Ausgabe 12 12/99
FolkWorld CD-Besprechungen
Berrogüetto "Reise durch
Urticaria"
Label: endirecto;CD ECD 003; 1999;
Spielzeit: 48.35 min
Inzwischen auch in Deutschland veröffentlicht ist die zweite CD der
galizischen Gruppe Berrogüetto, die 1997 mit ihrem Debütalbum
"Navicularia" und einigen Festivalauftritten, u.a. in Rudolstadt,
einen äußerst positiven Eindruck hinterließen. Endirecto
hat die wie immer aufwendige und schöne Verpackung der Do Fol-Veröffentlichung
lobenswerterweise beibehalten, aber den Titel übersetzt und dem Booklet
deutsche Texte beigefügt.
Berrogüetto sind eine große Gruppe (derzeit sieben Mitglieder)
und dementsprechend vielschichtig und durcharrangiert ist ihre Musik.
Gesang, Gaita (galizischer Dudelsack), Flöte, Geige, Gitarre, Bouzouki,
Akkordion, Drehleier, Harfe, Keyboard und Perkussion werden zu einem
beeindruckendem Klanggebilde verwoben, das sofort ins Ohr geht. Dabei ist
sich die Gruppe erfreulicherweise bewußt, daß weniger manchmal
mehr sein kann, und begeht nicht den Fehler, ständig sämtliche
verfügbaren Instrumente gleichzeitig einzusetzen. Die Melodien sind
eingängig und schön, und die vor kurzem dazugekommene
Sängerin Guadi Galego sorgt mit ihrer angenehmen Stimme für noch
mehr Abwechslung im Klangbild.
Eine CD, die man mit gutem Gewissen jedem zu Weihnachten (oder auch sonst)

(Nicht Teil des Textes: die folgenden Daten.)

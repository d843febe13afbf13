ghost use Rattle.store.specs.Bulk.{StopsShort, taken, written};
ghost use Rattle.std.specs.Prelude.{◌≡◌, ◌++◌, length, OnErr, OnOk};

use crate::store::Store;
use std::alloc::AllocError;

// Here and below the address is counted beside the bytes, since it goes round at 65,535: of an enumerated place it would be computed anew
// for each byte, by a remainder and a sum.

/// Bytes into a store, from an address on.
pub fn write_all<S: Store>(store: &mut S, address: u16, bytes: &[u8])
    ensures bytes { S.Store.bytes store.new ≡ written (S.Store.bytes store.old) address bytes.now }
    ensures footing { S.Store.footing store.new ≡ S.Store.footing store.old }
{
    let mut to = address;
    for byte in bytes {
        store.write(to, *byte);
        to = to.wrapping_add(1);
    }
}

/// So many bytes of a store, from an address on, at the end of a vector.
pub fn append_all<S: Store>(
    store: &S,
    address: u16,
    length: usize,
    out: &mut Vec<u8>,
) -> Result<(), AllocError>
    ensures ok { OnOk result
        (out.new.items ≡ out.old.items ++ taken (S.Store.bytes store.now) address length) }
    ensures err { OnErr result
        (StopsShort out.old.items out.new.items (S.Store.bytes store.now) address length) }
{
    let mut from = address;
    for _ in 0..length {
        out.push(store.read(from))?;
        from = from.wrapping_add(1);
    }
    Ok(())
}

/// A buffer filled with the bytes of a store, from an address on.
pub fn read_all<S: Store>(store: &S, address: u16, buffer: &mut [u8])
    ensures { buffer.new ≡ taken (S.Store.bytes store.now) address (length buffer.old) }
{
    let mut next = address;
    for byte in buffer.iter_mut() {
        *byte = store.read(next);
        next = next.wrapping_add(1);
    }
}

schenken kann und die man auch selbst gern immer wieder anhört. Jetzt,
wo dank Fernsehwerbung für Hevias aktuelle CD fast jeder mitbekommen
haben müßte, dass in Galizien hervorragende Musik gemacht wird,
sollte "Reise durch Urticaria" eigentlich die Beachtung finden,
die sie zweifellos verdient.
endirecto
Anja Beinroth
Manu Chao
"Clandestino"
Label:
Virgin; 7243 8457832 9; 1998; Spielzeit: 45.49 min
"Clandestino" bedeutet wohl soviel wie "klammheimlich",
und obwohl das keine sehr treffende Beschreibung der Musik ist, trifft der
Titel doch irgendwie zu, wenn man bedenkt, wie diese CD sich ihren Weg durch
Europa bahnt: Erst gab es sie nur in Frankreich (wo sie reißenden
Absatz fand), dann - nach einigen Monaten als Import-Geheimtip und Erfolg in
Spanien und der Schweiz - auch in England, und schließlich merkte auch
Virgin Deutschland, daß da ein Produkt von ihnen erstaunlich oft im
Radio lief (meist dank DJ Francis Gay), obwohl es die CD hier gar nicht zu
kaufen gab. Das hat sich dann zum Glück geändert, und prompt ist
sie nicht mehr auf die Weltmusikradio-Nischen beschränkt, sondern
taucht sogar bei trendigen Jugendsendern wie WDR EinsLive im Programm auf.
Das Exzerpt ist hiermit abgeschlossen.